A frequent source of controls is patients from the same hospital who do not have the outcome. This is important to consider when interpreting the results of case—control studies that should not be stated as to imply that there is causative relationship between the risk factor and the disease, e.
Confounders Matching controls to cases will mitigate the effects of confounders.
For example, if you wanted to test the hypothesis that a disease seen in adulthood is linked to factors occurring in young children, a prospective study would take decades to carry out. By definition, a case-control study is always retrospective because it starts with an outcome then traces back to investigate exposures.
Issues in the design of case-control studies Formulation of a clearly defined hypothesis As with all epidemiological investigations the beginning of a case-control study should begin with the formulation of a clearly defined hypothesis.
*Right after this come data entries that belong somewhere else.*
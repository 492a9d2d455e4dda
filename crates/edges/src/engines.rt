// Engines with the generator's seed 1.
use engine::ArrivalEngine;
use numbers::Refusal;
use options::DirectionConfig;

// What comes of making an engine of the default settings, altered. A refused one has the default settings and the generator of seed 0.
pub fn creation_of<F: FnOnce(&mut DirectionConfig)>(
    alter: F,
) -> (ArrivalEngine, Result<(), Refusal>)
    requires { F.IsAlwaysCallable alter }
{
    let mut settings = DirectionConfig::default();
    alter(&mut settings);
    ArrivalEngine::new(settings, 1)
}

// The engine of the default settings, altered.
pub fn engine_of<F: FnOnce(&mut DirectionConfig)>(alter: F) -> ArrivalEngine
    requires { F.IsAlwaysCallable alter }
{
    let (engine, _) = creation_of(alter);
    engine
}

// The engine of the default settings.
pub fn default_engine() -> ArrivalEngine {
    engine_of(|_| ())
}
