#![tactic(auto)]

// Refusal 16 (document 01): whether a list and a room are an accepted reading of some file into that room.
ghost use Rattle.std.specs.Prelude.{◌≡◌, ◌&&◌, ◌+◌, ◌≤◌, ◌<◌, length, drop, map};
ghost use Rattle.process_list.specs.List as List;
ghost use Rattle.room.specs.Room as Room;
ghost use Rattle.valid.specs.Valid as Spec;

use decimal::Decimal;
use process_list::{Depth, Kind, Node, ProcessList};

// Whether a node is what stands behind the last one, whatever number is kept with it.
fn is_blank(node: Node) -> bool
    ensures { result ≡ Spec.is_blank node }
{
    is_small_matrix(node.kind)
        && process_list::same_depth(node.input, Depth::I8)
        && process_list::same_depth(node.output, Depth::I8)
        && node.at == 0
        && ids::is_same(node.id, ids::none())
}

// Whether this is a Matrix 3x3.
fn is_small_matrix(kind: Kind) -> bool
    ensures { result ≡ Spec.is_small_matrix kind }
{
    matches!(kind, Kind::Matrix { wide: false })
}

// Whether all nodes behind the last one are blank.
fn blank_behind(list: ProcessList) -> bool
    requires { list.count ≤ 32 }
    ensures { result ≡ Spec.every Spec.is_blank (drop list.count list.nodes) }
{
    list.nodes[list.count..].iter().all(|node| is_blank(*node))
}

// Whether this is the list of no nodes, by what a file says: kept numbers are not looked at.
pub fn is_blank_list(list: ProcessList) -> bool
    ensures { result ≡ Spec.is_blank_list list }
{
    list.count == 0 && blank_behind(list)
}

// Whether the numbers of each node begin where those before it end.
fn is_gapless(nodes: &[Node]) -> bool
    requires { List.total nodes.now ≤ List.most_numbers }
    ensures { result ≡ Spec.gapless 0 nodes.now }
{
    let mut at = 0;
    for node in nodes {
        if node.at != at {
            return false;
        }
        at = process_list::counted(at, node.kind);
    }
    true
}

// Whether each node's id stands in its places as a reading leaves it.
fn ids_held(nodes: &[Node]) -> bool
    ensures { result ≡ Spec.every Spec.id_held nodes.now }
{
    nodes.iter().all(|node| ids::is_held(node.id))
}

// Whether the list alone is right for a room of this length.
fn list_right(list: ProcessList, room: usize) -> bool
    ensures { result ≡ Spec.list_right list room }
{
    if 32 < list.count {
        return false;
    }
    if process_list::judge(false, list, room).is_err() {
        return false;
    }
    let nodes = process_list::nodes_of(&list);
    is_gapless(nodes) && ids_held(nodes) && blank_behind(list)
}

// Whether the shape is carried.
fn shape_right(kind: Kind) -> bool
    ensures { result ≡ Spec.shape_right kind }
{
    match kind {
        Kind::Lut1d { entries, columns } => table_right(entries, columns),
        Kind::Lut3d { points, .. } => cube_right(points),
        _ => true,
    }
}

// Whether a node of this kind may have these depths: a Range with one end has equal ones.
fn depths_right(kind: Kind, input: Depth, output: Depth) -> bool
    ensures { result ≡ Spec.depths_right kind input output }
{
    match kind {
        Kind::OneEnd { .. } => input == output,
        _ => true,
    }
}

// Whether a LUT3D has 2 to 33 entries on each axis.
#[tactic(auto, using(std::proofs::lemmas::Bool::Decides::nat_tests), unfolding(crate::specs::Valid::cube_right))]
fn cube_right(points: usize) -> bool
    ensures { result ≡ Spec.cube_right points }
{
    2 <= points && points <= 33
}

// Whether a LUT1D has 2 to 65,536 entries of 1 or 3 columns.
#[tactic(auto, using(std::proofs::lemmas::Bool::Decides::nat_tests), unfolding(crate::specs::Valid::table_right))]
fn table_right(entries: usize, columns: usize) -> bool
    ensures { result ≡ Spec.table_right entries columns }
{
    2 <= entries && entries <= 65536 && (columns == 1 || columns == 3)
}

// Whether a number is of our form.
#[tactic(auto, unfolding(crate::specs::Valid::carried))]
fn is_carried(number: Decimal) -> bool
    ensures { result ≡ Spec.carried number }
{
    decimal_write::in_range(number) && decimal_write::is_normal(number)
}

// The number at an index.
#[tactic(auto, unfolding(room::specs::Room::room_length))]
fn number_at(coefficients: &[i64], powers: &[i8], k: usize) -> Decimal
    requires { k < Room.room_length (Room.lent coefficients.now powers.now) }
    ensures { result ≡ Spec.decimal_at (Room.lent coefficients.now powers.now) k }
{
    Decimal {
        coefficient: coefficients[k],
        power: powers[k],
    }
}

// Whether the `count` numbers from index `at` on are all of our form.
#[tactic(auto, unfolding(room::specs::Room::room_length))]
fn all_carried(coefficients: &[i64], powers: &[i8], at: usize, count: usize) -> bool
    requires { at + count ≤ Room.room_length (Room.lent coefficients.now powers.now) }
    ensures { result ≡ Spec.every Spec.carried (Spec.numbers_at (Room.lent coefficients.now powers.now) at count) }
{
    for k in at..at + count {
        if !is_carried(number_at(coefficients, powers, k)) {
            return false;
        }
    }
    true
}

// Whether the rules on the numbers of a Range with four values hold.
#[tactic(auto, unfolding(room::specs::Room::room_length))]
fn range_holds(coefficients: &[i64], powers: &[i8], at: usize) -> bool
    requires { at + 4 ≤ Room.room_length (Room.lent coefficients.now powers.now) }
    ensures { result ≡ Spec.range_holds (Spec.numbers_at (Room.lent coefficients.now powers.now) at 4) }
{
    let min_in = number_at(coefficients, powers, at);
    let max_in = number_at(coefficients, powers, at + 1);
    let min_out = number_at(coefficients, powers, at + 2);
    let max_out = number_at(coefficients, powers, at + 3);
    decimal_value::less(min_in, max_in) && decimal_value::at_most(min_out, max_out)
}

// Whether in and out value of a Range with one end are equal.
#[tactic(auto, unfolding(room::specs::Room::room_length))]
fn one_end_holds(coefficients: &[i64], powers: &[i8], at: usize) -> bool
    requires { at + 2 ≤ Room.room_length (Room.lent coefficients.now powers.now) }
    ensures { result ≡ Spec.one_end_holds (Spec.numbers_at (Room.lent coefficients.now powers.now) at 2) }
{
    let value_in = number_at(coefficients, powers, at);
    let value_out = number_at(coefficients, powers, at + 1);
    decimal_value::equal(value_in, value_out)
}

// Whether the three slopes of an ASC_CDL are 0 or more.
#[tactic(auto, unfolding(room::specs::Room::room_length))]
fn slopes_hold(coefficients: &[i64], powers: &[i8], at: usize) -> bool
    requires { at + 10 ≤ Room.room_length (Room.lent coefficients.now powers.now) }
    ensures { result ≡ Spec.slopes_hold (Spec.numbers_at (Room.lent coefficients.now powers.now) at 10) }
{
    let red = decimal_value::not_negative(number_at(coefficients, powers, at));
    let green = decimal_value::not_negative(number_at(coefficients, powers, at + 1));
    let blue = decimal_value::not_negative(number_at(coefficients, powers, at + 2));
    red && green && blue
}

// Whether the three powers of an ASC_CDL are 1.
#[tactic(auto, unfolding(room::specs::Room::room_length))]
fn powers_hold(coefficients: &[i64], powers: &[i8], at: usize) -> bool
    requires { at + 10 ≤ Room.room_length (Room.lent coefficients.now powers.now) }
    ensures { result ≡ Spec.powers_hold (Spec.numbers_at (Room.lent coefficients.now powers.now) at 10) }
{
    let red = decimal_value::is_one(number_at(coefficients, powers, at + 6));
    let green = decimal_value::is_one(number_at(coefficients, powers, at + 7));
    let blue = decimal_value::is_one(number_at(coefficients, powers, at + 8));
    red && green && blue
}

// Whether the rules on an ASC_CDL's numbers hold.
#[tactic(auto, unfolding(room::specs::Room::room_length))]
fn cdl_holds(coefficients: &[i64], powers: &[i8], at: usize) -> bool
    requires { at + 10 ≤ Room.room_length (Room.lent coefficients.now powers.now) }
    ensures { result ≡ Spec.cdl_holds (Spec.numbers_at (Room.lent coefficients.now powers.now) at 10) }
{
    let slopes = slopes_hold(coefficients, powers, at);
    let ones = powers_hold(coefficients, powers, at);
    let saturation = number_at(coefficients, powers, at + 9);
    slopes && ones && decimal_value::not_negative(saturation)
}

// Whether the rules on the numbers of a node of this kind hold.
fn rules_hold(coefficients: &[i64], powers: &[i8], kind: Kind, at: usize) -> bool
    requires { at + List.numbers_of kind ≤ Room.room_length (Room.lent coefficients.now powers.now) }
    ensures { result ≡ Spec.rules_hold kind (Spec.numbers_at (Room.lent coefficients.now powers.now) at (List.numbers_of kind)) }
{
    match kind {
        Kind::Range { .. } => range_holds(coefficients, powers, at),
        Kind::Cdl { .. } => cdl_holds(coefficients, powers, at),
        Kind::OneEnd { .. } => one_end_holds(coefficients, powers, at),
        _ => true,
    }
}

// Whether the element that a node has in this room is without fault.
pub fn sound(node: Node, coefficients: &[i64], powers: &[i8]) -> bool
    ensures { result ≡ Spec.sound (Spec.element_of (Room.lent coefficients.now powers.now) node) }
{
    let kind = node.kind;
    let at = node.at;
    if !shape_right(kind) {
        return false;
    }
    let count = process_list::numbers_of(kind);
    let room = room::length(coefficients, powers);
    if room < at {
        return false;
    }
    if room - at < count {
        return false;
    }
    if !all_carried(coefficients, powers, at, count) {
        return false;
    }
    if !rules_hold(coefficients, powers, kind, at) {
        return false;
    }
    depths_right(kind, node.input, node.output) && ids::allowed(&node.id)
}

// Whether the elements of all nodes are without fault.
fn all_sound(nodes: &[Node], coefficients: &[i64], powers: &[i8]) -> bool
    ensures { result ≡ Spec.every Spec.sound (map (Spec.element_of (Room.lent coefficients.now powers.now)) nodes.now) }
{
    nodes.iter().all(|node| sound(*node, coefficients, powers))
}

// Whether every element is this one.
fn all_are<T: Copy + PartialEq>(s: &[T], x: T) -> bool
    ensures { result ≡ Spec.every (λ y. T.eq y x) s.now }
{
    s.iter().all(|y| *y == x)
}

// Whether the room is zero from index `at` on; behind its end there is nothing that could differ.
#[tactic(auto, unfolding(room::specs::Room::room_length))]
pub fn zero_from(coefficients: &[i64], powers: &[i8], at: usize) -> bool
    ensures { result ≡ Spec.zero_from at (Room.lent coefficients.now powers.now) }
{
    let room = room::length(coefficients, powers);
    let start = at.min(room);
    all_are(&coefficients[start..room], 0) && all_are(&powers[start..room], 0)
}

// Whether list and room, but for the kept numbers, are an accepted reading of some file into that room; if not, the answer is refusal 16.
pub fn valid(list: ProcessList, coefficients: &[i64], powers: &[i8]) -> bool
    ensures { result ≡ Spec.is_valid list (Room.lent coefficients.now powers.now) }
{
    let room = room::length(coefficients, powers);
    if !list_right(list, room) {
        return false;
    }
    all_sound(process_list::nodes_of(&list), coefficients, powers)
        && zero_from(coefficients, powers, process_list::used(list))
}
In our example, controls could be defined as patients who underwent elective intraocular surgery during the same period of time. An inherent issue with selecting cases is that a certain proportion of those with the disease would not have a formal diagnosis, may not present for medical care, may be misdiagnosed or may have died before getting a diagnosis.
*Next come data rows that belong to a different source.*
// Delivers a message to the next descriptor of a response ring, which the port owns. Returns false if the message
// doesn't fit its buffer.
#[inline(always)]
fn put_message(
    responses: &mut Ring,
    memory: &mut [u8],
    next: Descriptor,
    delivery: Delivery,
    message: &Message,
) -> bool
    requires memory { IsMemory memory.old }
    requires next { IsNext responses.old memory.old next }
    requires there { descriptor_address responses.old + 4 ≤ length memory.old }
    requires few { delivery.credits ≤ 15 }
    requires below { IsBelow delivery.indicator responses.old.base }
    requires within { message.now.size ≤ 48 }
    requires whole { delivery.profile ≡ Strict → message.now.size ≡ 48 }
    ensures effect { DeliveryEffect delivery responses.old memory.old (take message.now.size message.now.text)
        result responses.new memory.new }
    ensures base { responses.new.base ≡ responses.old.base }
    ensures count { responses.new.count ≡ responses.old.count }
{
    // A text of 48 bytes is copied with a fixed length.
    if message.size == TEXT {
        responses.put(memory, next, delivery, &message.text)
    } else {
        responses.put(
            memory,
            next,
            delivery,
            &message.text[..usize::from(message.size)],
        )
    }
}

// Stores the trace record of a turn that did nothing, and returns that turn.
fn idle(trace: &mut Trace) -> Turn
    ensures trace { trace.new ≡ Idle }
    ensures turn { result ≡ IdleTurn }
{
    *trace = Trace::Idle;
    Turn::Idle
}

// Does the same for a port in initialization. That is rare, so the function isn't inlined.
#[cold]
#[inline(never)]
fn initializing(trace: &mut Trace) -> Turn
    ensures trace { trace.new ≡ Idle }
    ensures turn { result ≡ IdleTurn }
{
    idle(trace)
}

/// Stores the trace record of a dead port. That is rare, so the function isn't inlined.
#[cold]
#[inline(never)]
pub(crate) fn report_dead(trace: &mut Trace, cause: Fatal)
    ensures { trace.new ≡ TraceDead cause }
{
    *trace = Trace::Dead(cause);
}

// Appends an end message to the queue.
pub(crate) fn hold(waiting: &mut HeapCircularBuffer<Reply>, end: Reply)
    requires room { length waiting.old.items < waiting.old.capacity }
    ensures last { waiting.new ≡ buffer (waiting.old.items ++ end ∷ []) waiting.old.capacity }
    ensures longer { length waiting.new.items ≡ length waiting.old.items + 1 }
    ensures capacity { waiting.new.capacity ≡ waiting.old.capacity }
{
    waiting.push_back(end);
}

// Removes the first end message from the queue.
fn release(waiting: &mut HeapCircularBuffer<Reply>, end: Reply)
    requires first { slice_get waiting.old.items 0 ≡ Some end }
    ensures items { waiting.old.items ≡ end ∷ waiting.new.items }
    ensures capacity { waiting.new.capacity ≡ waiting.old.capacity }
{
    waiting.pop_front();
}
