/// Continues from saved bytes, over the images that are attached.
#[unsafe(no_mangle)]
pub extern "C" fn uda50_restore(handle: &mut Handle, state: &[u8]) -> u32
    ensures restores { OnClosed handle.old.value handle.new.value (result ≡ status_code NoController)
        (λ old new. (answer : CallStatus) × (result ≡ status_code answer)
        × Restores old state.now answer new) }
    ensures valid { AreValid handle.old.value handle.new.value }
{
    match handle.get() {
        Some(controller) => {
            controller.keep();
            controller.close();
            let answer = restore_status(controller.restore(state)).code();
            controller.keep();
            answer
        }
        None => CallStatus::NoController.code(),
    }
}

/// Writes IP for the guest.
#[unsafe(no_mangle)]
pub extern "C" fn uda50_write_ip(handle: &mut Handle, word: u16)
    ensures restarts { OnClosed handle.old.value handle.new.value Unit
        (λ old new. new ≡ record old { port = port_restarted old.port }) }
    ensures valid { AreValid handle.old.value handle.new.value }
{
    if let Some(controller) = handle.get() {
        controller.keep();
        controller.close();
        controller.write_ip(word);
        controller.keep();
    }
}

/// Reads IP for the guest, which starts the polling of a running port.
#[unsafe(no_mangle)]
pub extern "C" fn uda50_read_ip(handle: &mut Handle) -> u16
    ensures reads_zero { result ≡ 0 }
    ensures starts_polling { OnClosed handle.old.value handle.new.value Unit
        (λ old new. new ≡ record old { port = port_after_ip_read old.port.phase old.port }) }
    ensures valid { AreValid handle.old.value handle.new.value }
{
    match handle.get() {
        Some(controller) => {
            controller.keep();
            controller.close();
            let answer = controller.read_ip();
            controller.keep();
            answer
        }
        None => 0,
    }
}
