//! Stores that were cut off, and openings that were.

use crate::stores::{
    Opening, Pair, Stopped, blank, close, freeze, holds, leave, open, put, sure, try_open,
};
use lsm_memdisk::{Effect, MemDisk};
use lsm_store::Store;
use std::alloc::Global;

const PAIRS: &[Pair] = &[(b"a", b"1"), (b"b", b"2"), (b"c", b"3"), (b"d", b"4")];

fn write_pairs(alloc: Global, store: &mut Store<MemDisk>) -> Result<(), Stopped> {
    for pair in PAIRS {
        put(alloc, store, *pair, pair.0 != b"d".as_slice())?;
        if pair.0 == b"b".as_slice() {
            freeze(store)?;
        }
    }
    Ok(())
}

// A store with the first three pairs synced and the fourth not, in two memory tables.
fn cut_off(alloc: Global) -> Result<MemDisk, Stopped> {
    let mut store = open(alloc, blank(alloc)?, b'A')?;
    let told = write_pairs(alloc, &mut store);
    let disk = store.into_disk();
    told?;
    Ok(disk)
}

// Whether a store holds the first so many pairs, at least so many, and no others.
fn holds_from(store: &mut Store<MemDisk>, least: usize) -> Result<bool, Stopped> {
    let count = store.last() as usize;
    match PAIRS.get(..count) {
        Some(front) => Ok(count >= least && holds(store, front)?),
        None => Ok(false),
    }
}

fn opens_from(alloc: Global, disk: MemDisk, letter: u8, least: usize) -> Result<bool, Stopped> {
    let mut store = open(alloc, disk, letter)?;
    let told = holds_from(&mut store, least);
    leave(store, told)
}

fn each_image_opens(alloc: Global) -> Result<bool, Stopped> {
    let disk = cut_off(alloc)?;
    for pick in 0..32 {
        if !opens_from(alloc, disk.crash(pick)?, b'B', 3)? {
            return Ok(false);
        }
    }
    Ok(true)
}

// The disk behind an opening that was cut off at this call, or the whole opening's.
fn opened_until(
    alloc: Global,
    disk: &MemDisk,
    call: u64,
    effect: Effect,
) -> Result<MemDisk, Stopped> {
    let mut disk = disk.crash(0)?;
    disk.fail_at(call, effect)?;
    match try_open(alloc, disk, b'B')? {
        Opening::Opened(store) => Ok(store.into_disk()),
        Opening::Refused(_, disk) => Ok(disk),
    }
}

// Whether images of an opening that was cut off at this call open to all pairs.
fn each_later_image_opens(
    alloc: Global,
    disk: &MemDisk,
    call: u64,
    effect: Effect,
) -> Result<bool, Stopped> {
    let disk = opened_until(alloc, disk, call, effect)?;
    for pick in 0..4 {
        if !opens_from(alloc, disk.crash(pick)?, b'C', 4)? {
            return Ok(false);
        }
    }
    Ok(true)
}

// The four pairs are in two logs.
fn closed(alloc: Global) -> Result<MemDisk, Stopped> {
    let mut store = open(alloc, blank(alloc)?, b'A')?;
    let told = write_pairs(alloc, &mut store);
    close(store, told)
}

fn each_opening_loses_nothing(alloc: Global, effect: Effect) -> Result<bool, Stopped> {
    let disk = closed(alloc)?;
    for call in 1..40 {
        if !each_later_image_opens(alloc, &disk, call, effect)? {
            return Ok(false);
        }
    }
    Ok(true)
}

#[test]
fn images_open_to_a_prefix(rt: HostRuntime) {
    sure(&rt, each_image_opens(rt.alloc()));
}

#[test]
fn openings_that_were_cut_off_lose_nothing(rt: HostRuntime) {
    sure(&rt, each_opening_loses_nothing(rt.alloc(), Effect::Nothing));
    sure(&rt, each_opening_loses_nothing(rt.alloc(), Effect::Done));
    sure(&rt, each_opening_loses_nothing(rt.alloc(), Effect::Part(7)));
}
Source of cases Cases may be recruited from a number of sources; for example they may be recruited from a hospital, clinic, GP registers or may be population bases. Impact of windows and daylight exposure on overall health and sleep quality of office workers: a case-control pilot study. If a larger proportion of the cases smoke than the controls, that suggests, but does not conclusively show, that the hypothesis is valid. Cohort studies can assess a range of outcomes allowing an exposure to be rigorously assessed for its impact in developing disease.
Therefore, the ideal control group would comprise a random sample from the general population that gave rise to the cases. For example, individuals may modify their exposure following the onset of disease. Many valuable case-control studies, such as Lane and Claypon's investigation of risk factors for breast cancer, were retrospective investigations.
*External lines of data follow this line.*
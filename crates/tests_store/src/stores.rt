//! A store of the folder `db` of a disk in memory, and what it holds.

use lsm_bytes::NoMemory;
use lsm_disk::{Disk, DiskError};
use lsm_memdisk::MemDisk;
use lsm_names::{FileName, Folder, Path, Session};
use lsm_rows::Batch;
use lsm_store::{Flushed, OpenRefusal, Store, StoreError};
use std::alloc::Global;
use std::process::Abort;

/// A call refused that was to go well.
#[derive(Clone, Copy, Debug, PartialEq, Eq)]
pub struct Stopped;

impl From<NoMemory> for Stopped {
    fn from(_: NoMemory) -> Self {
        Stopped
    }
}

/// A key with its value.
pub type Pair = (&'static [u8], &'static [u8]);

/// A test's claim. What it claims is no fact for the proof of the test.
pub fn sure(rt: &impl Abort, holds: Result<bool, Stopped>) {
    assert!(rt; matches!(holds, Ok(true)));
}

/// The path of this text.
pub fn path(name: &[u8]) -> Path {
    match Path::parse(name) {
        Ok(path) => path,
        Err(_) => FileName::Current.path(),
    }
}

/// An empty disk.
pub fn blank(alloc: Global) -> Result<MemDisk, Stopped> {
    Ok(MemDisk::new(alloc, true)?)
}

/// Makes the folder `db`.
pub fn make(disk: &mut MemDisk) -> Result<(), Stopped> {
    match disk.make_folder(&path(b"db")) {
        Ok(()) => Ok(()),
        Err(_) => Err(Stopped),
    }
}

fn filled(disk: &mut MemDisk, name: &[u8], text: &[u8]) -> Result<(), DiskError> {
    let path = path(name);
    disk.create(&path)?;
    disk.append(&path, text)
}

/// Makes a file with these bytes.
pub fn fill(disk: &mut MemDisk, name: &[u8], text: &[u8]) -> Result<(), Stopped> {
    match filled(disk, name, text) {
        Ok(()) => Ok(()),
        Err(_) => Err(Stopped),
    }
}

/// How long the file of this name is.
pub fn length(disk: &mut MemDisk, name: &[u8]) -> Result<u64, Stopped> {
    match disk.size(&path(name)) {
        Ok(size) => Ok(size),
        Err(_) => Err(Stopped),
    }
}

/// Whether a file of this name stands.
pub fn has(disk: &mut MemDisk, name: &[u8]) -> Result<bool, Stopped> {
    match disk.size(&path(name)) {
        Ok(_) => Ok(true),
        Err(DiskError::NotThere) => Ok(false),
        Err(_) => Err(Stopped),
    }
}

// The store's session: twenty times this letter.
fn session(letter: u8) -> Result<Session, Stopped> {
    match Session::new([letter; 20]) {
        Some(session) => Ok(session),
        None => Err(Stopped),
    }
}

fn home() -> Result<Folder, Stopped> {
    match Folder::parse(b"db") {
        Ok(folder) => Ok(folder),
        Err(_) => Err(Stopped),
    }
}

/// What an opening came to.
pub enum Opening {
    Opened(Store<MemDisk>),
    Refused(StoreError, MemDisk),
}

/// Opens the folder `db`. The session is twenty times this letter.
pub fn try_open(alloc: Global, disk: MemDisk, letter: u8) -> Result<Opening, Stopped> {
    let session = session(letter)?;
    let home = home()?;
    match Store::open(alloc, disk, &home, session) {
        Ok(store) => Ok(Opening::Opened(store)),
        Err(OpenRefusal { why, disk }) => Ok(Opening::Refused(why, disk)),
    }
}

/// Opens the folder `db`, which is to go well.
pub fn open(alloc: Global, disk: MemDisk, letter: u8) -> Result<Store<MemDisk>, Stopped> {
    match try_open(alloc, disk, letter)? {
        Opening::Opened(store) => Ok(store),
        Opening::Refused(_, _) => Err(Stopped),
    }
}

/// Why the folder `db` isn't opened.
pub fn refused(alloc: Global, disk: MemDisk) -> Result<StoreError, Stopped> {
    match try_open(alloc, disk, b'A')? {
        Opening::Opened(store) => {
            let _disk = store.into_disk();
            Err(Stopped)
        }
        Opening::Refused(why, _) => Ok(why),
    }
}

/// Writes one pair.
pub fn put(
    alloc: Global,
    store: &mut Store<MemDisk>,
    pair: Pair,
    sync: bool,
) -> Result<(), Stopped> {
    let mut batch = Batch::new(alloc);
    let Ok(()) = batch.put(pair.0, pair.1) else {
        return Err(Stopped);
    };
    if batch.is_empty() {
        return Err(Stopped);
    }
    match store.write(&batch, sync) {
        Ok(_) => Ok(()),
        Err(_) => Err(Stopped),
    }
}

/// Deletes one key.
pub fn delete(alloc: Global, store: &mut Store<MemDisk>, key: &[u8]) -> Result<(), Stopped> {
    let mut batch = Batch::new(alloc);
    let Ok(()) = batch.delete(key) else {
        return Err(Stopped);
    };
    if batch.is_empty() {
        return Err(Stopped);
    }
    match store.write(&batch, false) {
        Ok(_) => Ok(()),
        Err(_) => Err(Stopped),
    }
}

/// Freezes the rows in memory, if there are any.
pub fn freeze(store: &mut Store<MemDisk>) -> Result<(), Stopped> {
    match store.freeze() {
        Ok(_) => Ok(()),
        Err(_) => Err(Stopped),
    }
}

/// Flushes the frozen rows, and tells how many steps came before the one that installed their table.
pub fn flush(store: &mut Store<MemDisk>) -> Result<u32, Stopped> {
    for more in 0..1_000 {
        match store.flush_step() {
            Ok(Flushed::More) => {}
            Ok(Flushed::Installed) => return Ok(more),
            Ok(Flushed::NoJob) | Err(_) => return Err(Stopped),
        }
    }
    Err(Stopped)
}

/// Closes the store, in which all went well until now.
pub fn close(store: Store<MemDisk>, told: Result<(), Stopped>) -> Result<MemDisk, Stopped> {
    let closed = match store.close() {
        Ok(disk) => Ok(disk),
        Err(OpenRefusal { why: _, disk: _ }) => Err(Stopped),
    };
    told?;
    closed
}

/// Gives the store up, in which all went well until now.
pub fn leave<T>(store: Store<MemDisk>, told: Result<T, Stopped>) -> Result<T, Stopped> {
    let _disk = store.into_disk();
    told
}

/// Whether the store holds exactly these pairs: by a scan, and by a lookup of each.
pub fn holds(store: &mut Store<MemDisk>, pairs: &[Pair]) -> Result<bool, Stopped> {
    if !scans(store, pairs)? {
        return Ok(false);
    }
    for pair in pairs {
        if !gets(store, *pair)? {
            return Ok(false);
        }
    }
    Ok(true)
}

fn scans(store: &mut Store<MemDisk>, pairs: &[Pair]) -> Result<bool, Stopped> {
    let Ok(found) = store.scan() else {
        return Err(Stopped);
    };
    if found.count() != pairs.len() {
        return Ok(false);
    }
    for (key, value) in pairs {
        if found.get(key) != Some(*value) {
            return Ok(false);
        }
    }
    Ok(true)
}

fn gets(store: &mut Store<MemDisk>, pair: Pair) -> Result<bool, Stopped> {
    match store.get(pair.0) {
        Ok(Some(value)) => Ok(value.as_slice() == pair.1),
        Ok(None) => Ok(false),
        Err(_) => Err(Stopped),
    }
}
However, the choice of controls from a hospital setting should not include individuals with an outcome related to the exposure s being studied. In several situations, they have greater statistical power than cohort studies, which must often wait for a 'sufficient' number of disease events to accrue.
However, because the difference between the cases and the controls will be smaller, this results in a lower power to detect an exposure effect. This study would be retrospective in that the former lifeguards would be asked to recall which type of sunscreen they used on their face and approximately how often. A case-control study was conducted to investigate if exposure to zinc oxide is a more effective skin cancer prevention measure. It is likely that people who are diseased cases remember their exposure to the risk factor more accurately as compared to the controls. One way of illustrating the limitations of cause-and-effect is to look at associations found between a cultural factor and a particular health effect. Case—control studies are observational in nature and thus do not provide the same level of evidence as randomized controlled trials.